▶ **Exercise data**
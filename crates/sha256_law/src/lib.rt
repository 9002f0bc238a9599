//! Two definitions of SHA-256 (FIPS 180-4) are one function: that of `hmac_sha256` and that of the
//! library's `sha2`. Nothing here runs.
//!
//! They are apart in their recursions: how the schedule grows, how the rounds take their constants
//! and words, from which end the blocks are taken, and how words are read from bytes and written;
//! and in the formula for the zeros of the padding. They are the same, but for names, in the
//! constants, the hash value before the first block, the functions and sums of words, the formulas
//! of a round and of a later word, and the end of a block: a mistake there would stand in both.
#![tactic(auto)]

ghost use Rattle.sha256_law.specs.Law.{DefinitionsAgree};

/// Does nothing: its clause is the law.
pub fn definitions_agree()
    ensures { DefinitionsAgree }
{}
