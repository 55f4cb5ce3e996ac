// Where values are: of the expression that ends at a position, of two sides, of arguments.
ghost use Rattle.std.specs.Prelude.{◌≡◌, ◌+◌, ◌-◌, ◌<◌, ◌≤◌};
ghost use Rattle.codegen.specs.Places.{above as above_of};
ghost use Rattle.emission.specs.Macros.{placed};
ghost use Rattle.compiler.specs.Post.{PlaceAt, SidesAt, Weighs};

use crate::items::{is_kind, start_of, unary_operator};
use emission::Place;
use emission::unary::result;
use flat::item::Kind;
use word::lists::word;

// Where the value is, when d temporaries are in use before. It calls itself, since an operator's place depends on its operand's. Three tests, since it is asked of
// each expression: a match of all kinds is a jump by a table, which costs more.
pub fn place_of(words: &[u32], end: usize, d: u32) -> Place
    ensures { PlaceAt words.now end d (placed result) }
{
    if end < 4 {
        return Place::Temporary(d);
    }
    if is_kind(words, end, Kind::Number) {
        return Place::Constant(word(words, end - 2));
    }
    if is_kind(words, end, Kind::Local) {
        return Place::Local(word(words, end - 2));
    }
    if is_kind(words, end, Kind::Unary) {
        let o = unary_operator(words, end);
        let p = place_of(words, end - 4, d);
        return result(o, p, d);
    }
    Place::Temporary(d)
}

// How many temporaries are in use once a value is at its place.
pub fn above(p: Place, d: u32) -> u32
    ensures value { d < 4294967295 → result ≡ above_of (placed p) d }
    ensures within { result ≤ d + 1 }
{
    match p {
        Place::Constant(_) | Place::Local(_) => d,
        Place::Temporary(_) => d.saturating_add(1),
    }
}

// Of two sides the right one: where it starts, and how many temporaries are in use before it.
#[derive(Clone, Copy)]
pub struct Right {
    pub middle: usize,
    pub next: u32,
}

// The sides of which the right one ends at `end`.
pub fn sides(words: &[u32], end: usize, d: u32) -> Right
    requires { end ≤ 1073741824 }
    ensures sides_at { SidesAt words.now end d result.middle result.next }
    ensures within { result.middle ≤ end - 4 }
{
    let middle = start_of(words, end);
    let p = place_of(words, middle, d);
    let next = above(p, d);
    Right { middle, next }
}

// How many temporaries the n arguments take that end at `end`. It calls itself, since the last one's place depends on how many those before it take.
pub fn temporaries(words: &[u32], end: usize, n: u32) -> u32
    requires { end ≤ 1073741824 }
    ensures weighs { Weighs words.now end n result }
    ensures within { result ≤ n }
{
    if n == 0 {
        return 0;
    }
    let start = start_of(words, end);
    let before = temporaries(words, start, n - 1);
    let p = place_of(words, end, before);
    above(p, before)
}
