// Calls: where functions begin, and how arguments that have their values are passed.
ghost use Rattle.std.specs.Prelude.{◌≡◌, ◌+◌, ◌-◌, ◌<◌, ◌≤◌};
ghost use Rattle.emission.specs.OnTape.{OnTape};
ghost use Rattle.compiler.specs.Post.{position as position_of, entry_in, Passes, Callings, Ready};

use crate::Code;
use crate::items::start_of;
use crate::places::{place_of, temporaries};
use emission::calls;
use emission::tape::Tape;
use word::lists::word;

// The longest code, in instructions.
pub const MOST_INSTRUCTIONS: u32 = 131072;

// A position of code, or 0 if it is past the longest code, as `position_of` has it: no program has an entry there.
pub fn position(n: u32) -> usize
    ensures value { result ≡ position_of n }
    ensures within { result ≤ 131072 }
{
    if n <= MOST_INSTRUCTIONS {
        n as usize
    } else {
        0
    }
}

// Where function f begins: past the table where its last word says.
pub fn entry_of(entries: &[u32], f: u32) -> usize
    ensures value { result ≡ entry_in entries.now f }
    ensures within { result ≤ 131072 }
{
    let last = entries.len().saturating_sub(1);
    let i = last.min(f as usize);
    position(word(entries, i))
}

// The sum, where it is a word.
pub fn plus(d: u32, n: u32) -> u32
    ensures { d + n < 4294967296 → result ≡ d + n }
{
    d.checked_add(n).unwrap_or(d)
}

// Passes the n arguments that end at `end`, the last one first.
pub fn passes(words: &[u32], end: usize, n: u32, d: u32, tape: &mut Tape)
    requires { end ≤ 1073741824 }
    ensures { OnTape (Passes words.now end n d) tape.old tape.new }
{
    let mut e = end;
    for i in (0..n).rev() {
        let start = start_of(words, e);
        let before = temporaries(words, start, i);
        let below = plus(d, before);
        let p = place_of(words, e, below);
        calls::pass(tape, p, i);
        e = start;
    }
}

// The own code of the call that ends at `end`.
pub fn calling(code: Code, end: usize, d: u32, tape: &mut Tape)
    requires { Ready end tape.old.at × (4 ≤ end) }
    ensures { OnTape (Callings code.entry.words.now code.entry.entries.now end d) tape.old tape.new }
{
    let f = word(code.words, end - 2);
    let n = word(code.words, end - 1);
    let to = entry_of(code.entries, f);
    calls::calling(tape, to, d);
    passes(code.words, end - 4, n, d, tape);
}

▶ **Required work**
Make an exact copy of the data above.

▶ **Output of the task**
filename crates/sha256_law/src/lib.rt
repository 9002f0bc238a9599
//! Two definitions of SHA-256 (FIPS 180-4) are one function: that of `hmac_sha256` and that of the
//! library's `sha2`. Nothing here runs.
//!
//! They are apart in their recursions: how the schedule grows, how the rounds take their constants
//! and words, from which end the blocks are taken, and how words are read from bytes and written;
//! and in the formula for the zeros of the padding. They are the same, but for names, in the
//! constants, the hash value before the first block, the functions and sums of words, the formulas
//! of a round and of a later word, and the end of a block: a mistake there would stand in both.
#![tactic(auto)]

ghost use Rattle.sha256_law.specs.Law.{DefinitionsAgree};

/// Does nothing: its clause is the law.
pub fn definitions_agree()
    ensures { DefinitionsAgree }
{}
repository 55f4cb5ce3e996ac
// Where values are: of the expression that ends at a position, of two sides, of arguments.
ghost use Rattle.std.specs.Prelude.{◌≡◌, ◌+◌, ◌-◌, ◌<◌, ◌≤◌};
ghost use Rattle.codegen.specs.Places.{above as above_of};
ghost use Rattle.emission.specs.Macros.{placed};
ghost use Rattle.compiler.specs.Post.{PlaceAt, SidesAt, Weighs};

use crate::items::{is_kind, start_of, unary_operator};
use emission::Place;
use emission::unary::result;
use flat::item::Kind;
use word::lists::word;

// Where the value is, when d temporaries are in use before. It calls itself, since an operator's place depends on its operand's. Three tests, since it is asked of
// each expression: a match of all kinds is a jump by a table, which costs more.
pub fn place_of(words: &[u32], end: usize, d: u32) -> Place
    ensures { PlaceAt words.now end d (placed result) }
{
    if end < 4 {
        return Place::Temporary(d);
    }
    if is_kind(words, end, Kind::Number) {
        return Place::Constant(word(words, end - 2));
    }
    if is_kind(words, end, Kind::Local) {
        return Place::Local(word(words, end - 2));
    }
    if is_kind(words, end, Kind::Unary) {
        let o = unary_operator(words, end);
        let p = place_of(words, end - 4, d);
        return result(o, p, d);
    }
    Place::Temporary(d)
}

// How many temporaries are in use once a value is at its place.
pub fn above(p: Place, d: u32) -> u32
    ensures value { d < 4294967295 → result ≡ above_of (placed p) d }
    ensures within { result ≤ d + 1 }
{
    match p {
        Place::Constant(_) | Place::Local(_) => d,
        Place::Temporary(_) => d.saturating_add(1),
    }
}

// Of two sides the right one: where it starts, and how many temporaries are in use before it.
#[derive(Clone, Copy)]
pub struct Right {
    pub middle: usize,
    pub next: u32,
}

// The sides of which the right one ends at `end`.
pub fn sides(words: &[u32], end: usize, d: u32) -> Right
    requires { end ≤ 1073741824 }
    ensures sides_at { SidesAt words.now end d result.middle result.next }
    ensures within { result.middle ≤ end - 4 }
{
    let middle = start_of(words, end);
    let p = place_of(words, middle, d);
    let next = above(p, d);
    Right { middle, next }
}

// How many temporaries the n arguments take that end at `end`. It calls itself, since the last one's place depends on how many those before it take.
pub fn temporaries(words: &[u32], end: usize, n: u32) -> u32
    requires { end ≤ 1073741824 }
    ensures weighs { Weighs words.now end n result }
    ensures within { result ≤ n }
{
    if n == 0 {
        return 0;
    }
    let start = start_of(words, end);
    let before = temporaries(words, start, n - 1);
    let p = place_of(words, end, before);
    above(p, before)
}
// Calls: where functions begin, and how arguments that have their values are passed.
ghost use Rattle.std.specs.Prelude.{◌≡◌, ◌+◌, ◌-◌, ◌<◌, ◌≤◌};
ghost use Rattle.emission.specs.OnTape.{OnTape};
ghost use Rattle.compiler.specs.Post.{position as position_of, entry_in, Passes, Callings, Ready};

use crate::Code;
use crate::items::start_of;
use crate::places::{place_of, temporaries};
use emission::calls;
use emission::tape::Tape;
use word::lists::word;

// The longest code, in instructions.
pub const MOST_INSTRUCTIONS: u32 = 131072;

// A position of code, or 0 if it is past the longest code, as `position_of` has it: no program has an entry there.
pub fn position(n: u32) -> usize
    ensures value { result ≡ position_of n }
    ensures within { result ≤ 131072 }
{
    if n <= MOST_INSTRUCTIONS {
        n as usize
    } else {
        0
    }
}

// Where function f begins: past the table where its last word says.
pub fn entry_of(entries: &[u32], f: u32) -> usize
    ensures value { result ≡ entry_in entries.now f }
    ensures within { result ≤ 131072 }
{
    let last = entries.len().saturating_sub(1);
    let i = last.min(f as usize);
    position(word(entries, i))
}

// The sum, where it is a word.
pub fn plus(d: u32, n: u32) -> u32
    ensures { d + n < 4294967296 → result ≡ d + n }
{
    d.checked_add(n).unwrap_or(d)
}

// Passes the n arguments that end at `end`, the last one first.
pub fn passes(words: &[u32], end: usize, n: u32, d: u32, tape: &mut Tape)
    requires { end ≤ 1073741824 }
    ensures { OnTape (Passes words.now end n d) tape.old tape.new }
{
    let mut e = end;
    for i in (0..n).rev() {
        let start = start_of(words, e);
        let before = temporaries(words, start, i);
        let below = plus(d, before);
        let p = place_of(words, e, below);
        calls::pass(tape, p, i);
        e = start;
    }
}

// The own code of the call that ends at `end`.
pub fn calling(code: Code, end: usize, d: u32, tape: &mut Tape)
    requires { Ready end tape.old.at × (4 ≤ end) }
    ensures { OnTape (Callings code.entry.words.now code.entry.entries.now end d) tape.old tape.new }
{
    let f = word(code.words, end - 2);
    let n = word(code.words, end - 1);
    let to = entry_of(code.entries, f);
    calls::calling(tape, to, d);
    passes(code.words, end - 4, n, d, tape);
}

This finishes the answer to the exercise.